Goddard College in Vermont, where my girlfriend was a student, underwrote this theatrical undertaking. The troupe had spent the previous semester rehearsing with yogic exercises, improvisation, group nudity, and countercultural indoctrination, all for college credit. And although Goddard was footing the bill with student tuition, nobody seemed to mind if I tagged along.
My girlfriend and I rented an apartment in the Fillmore District, which, although it bordered on Haight Ashbury, was another world entirely. In the first week we were there, my girlfriend flipped the bird to some guys who whistled at her and they chased her into our building. I got held up at gunpoint by a robber who demanded my “ID” and my cash. As I had neither of these, I handed him my library card, which he threw in my face. Nobody seemed to be wearing flowers in their hair.
Our performances—which we called infiltrations—were often overbearingly political and outlandishly obnoxious. We infiltrated a porno movie theater with flashlights and stood on our seats illuminating our genitals, lecturing the audience about the importance of respecting each other’s bodies and that sex was not a commodity. Afterwards, we were approached by a couple of pornography producers who wanted to recruit us for their next film.

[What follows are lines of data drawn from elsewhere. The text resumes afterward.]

// The records of a script as bytes: two letters, then as many bytes as they say.
#![tactic(auto)]

ghost use Rattle.std.specs.Prelude.{◌≡◌, ◌+◌, ◌*◌, ◌≤◌, length};
ghost use Rattle.script_records.specs.Records.{two_at, kind_of, letters_of_kind, size_of_kind, record_in, record_kind};

// The kinds of records.
#[derive(Clone, Copy, Debug, PartialEq, Eq)]
pub enum Kind {
    Tick,
    Dump,
    Integrate,
    Emit,
}

// Two letters that are no record's.
#[derive(Clone, Copy, Debug, PartialEq, Eq)]
pub struct UnknownMark;

#[derive(Clone, Copy, Debug, PartialEq, Eq)]
pub struct Tick {
    pub x: u8,
    pub y: u8,
    pub valid: u8,
}

#[derive(Clone, Copy, Debug, PartialEq, Eq)]
pub struct Dump {
    pub cell: u64,
    pub command: u64,
    pub bank: u64,
    pub phase: u64,
}

#[derive(Clone, Copy, Debug, PartialEq, Eq)]
pub struct Emit {
    pub cell: u64,
    pub bank: u64,
    pub bin: u64,
}

#[derive(Clone, Copy, Debug, PartialEq, Eq)]
pub enum Record {
    Tick(Tick),
    Dump(Dump),
    // Of this cell.
    Integrate(u64),
    Emit(Emit),
}

// What stands next in the input. Cut: an unknown mark, or a record that the input ends in.
#[derive(Clone, Copy, Debug, PartialEq, Eq)]
pub enum Next {
    Record(Record),
    End,
    Cut,
}

// Two bytes, low first.
pub fn two(low: u8, high: u8) -> u64
    ensures value { result ≡ low + 256 * high }
    ensures upper_bound { result ≤ 65535 }
{
    u64::from(u16::from_le_bytes([low, high]))
}

impl TryFrom<[u8; 2]> for Kind {
    type Error = UnknownMark;

    ghost try_from_gives = { λ letters r. r ≡ kind_of (two_at letters 0) };

    fn try_from(letters: [u8; 2]) -> Result<Self, UnknownMark> {
        match &letters {
            b"TK" => Ok(Kind::Tick),
            b"DP" => Ok(Kind::Dump),
            b"IN" => Ok(Kind::Integrate),
            b"EM" => Ok(Kind::Emit),
            _ => Err(UnknownMark),
        }
    }
}

impl Kind {
    // The letters of a record.
    pub fn letters(self) -> [u8; 2]
        ensures { result ≡ letters_of_kind self }
    {
        match self {
            Kind::Tick => *b"TK",
            Kind::Dump => *b"DP",
            Kind::Integrate => *b"IN",
            Kind::Emit => *b"EM",
        }
    }

    // The bytes of a record, its letters with them.
    pub fn size(self) -> usize
        ensures { result ≡ size_of_kind self }
    {
        match self {
            Kind::Tick => 5,
            Kind::Dump => 7,
            Kind::Integrate => 3,
            Kind::Emit => 6,
        }
    }

    // The record at the head of some bytes, where all its bytes are there.
    pub fn record_in(self, b: &[u8]) -> Record
        requires { size_of_kind self ≤ length b.now }
        ensures { result ≡ record_in self b.now }
    {
        match self {
            Kind::Tick => Record::Tick(Tick {
                x: b[2],
                y: b[3],
                valid: b[4],
            }),
            Kind::Dump => Record::Dump(Dump {
                cell: u64::from(b[2]),
                command: u64::from(b[3]),
                bank: u64::from(b[4]),
                phase: two(b[5], b[6]),
            }),
            Kind::Integrate => Record::Integrate(u64::from(b[2])),
            Kind::Emit => Record::Emit(Emit {
                cell: u64::from(b[2]),
                bank: u64::from(b[3]),
                bin: two(b[4], b[5]),
            }),
        }
    }
}

impl Record {
    pub fn kind(self) -> Kind
        ensures { result ≡ record_kind self }
    {
        match self {
            Record::Tick(_) => Kind::Tick,
            Record::Dump(_) => Kind::Dump,
            Record::Integrate(_) => Kind::Integrate,
            Record::Emit(_) => Kind::Emit,
        }
    }
}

I openly shoplifted a book at the City Lights Bookstore in order to inspire a dialogue about art and profit. We were surprised by the reactions of the patrons and staff, the majority of them advocating on my behalf—in part, I suppose, because the book I stole was Steal This Book by Abbie Hoffman.
We infiltrated the Bank of America at lunch hour and attacked the “Banker’s Heart,” a 200-ton black granite sculpture at the base of the bank’s headquarters. With a loudspeaker blaring Timothy Leary’s suggestion that we “Resist actively, sabotage, jam the computer, hijack planes,” we threw bags of pig’s blood at the Heart and shook our bloody fists at the bankers, who pretty much kept on eating their sandwiches.
We posed as store clerks at Pier 1 Imports, explaining to the customers how the bargains were made possible by slave labor in Indonesia; we read Executive Order 9066 and Civilian Exclusion Order #5 in front of Japanese restaurants; we sold Viet Cong “body parts” at food festivals. But we really hit our stride after adapting Alfred Jarry’s Ubu Roi to include the bombing of Cambodia. This turned out to be our big hit, but also our undoing. We started to gather crowds, resulting in packed sidewalks, blocked traffic, heated discourse, and the attention of the police.
Finally, in Sausalito, the cops brought down the curtain with nightsticks and handcuffs when we refused to halt a performance. Shortly after that, Goddard pulled the plug and the troupe returned to Vermont.
I stayed in San Francisco for a while longer, working as a bicycle messenger and publishing a cheap literary magazine that I sold on the street. After a while I realized if I didn’t return to college soon I might never go back.
I came home and applied to NYU. I was informed that my college grades were too low for admission; but I was offered a chance for an interview.
Incredibly, my interviewer yawned through the report of my theatrical adventures and fledgling publishing career; but he perked up when I mentioned I had worked at Macy’s under an assumed name. A mountaineer friend managed the Macys warehouse sale on weekends, and when he opted to go climbing I would take his nametag and run the show. The admissions office judged this to be a good indicator of academic potential; so, by September I was a student again, my theatrical career forever behind me on the streets of San Francisco.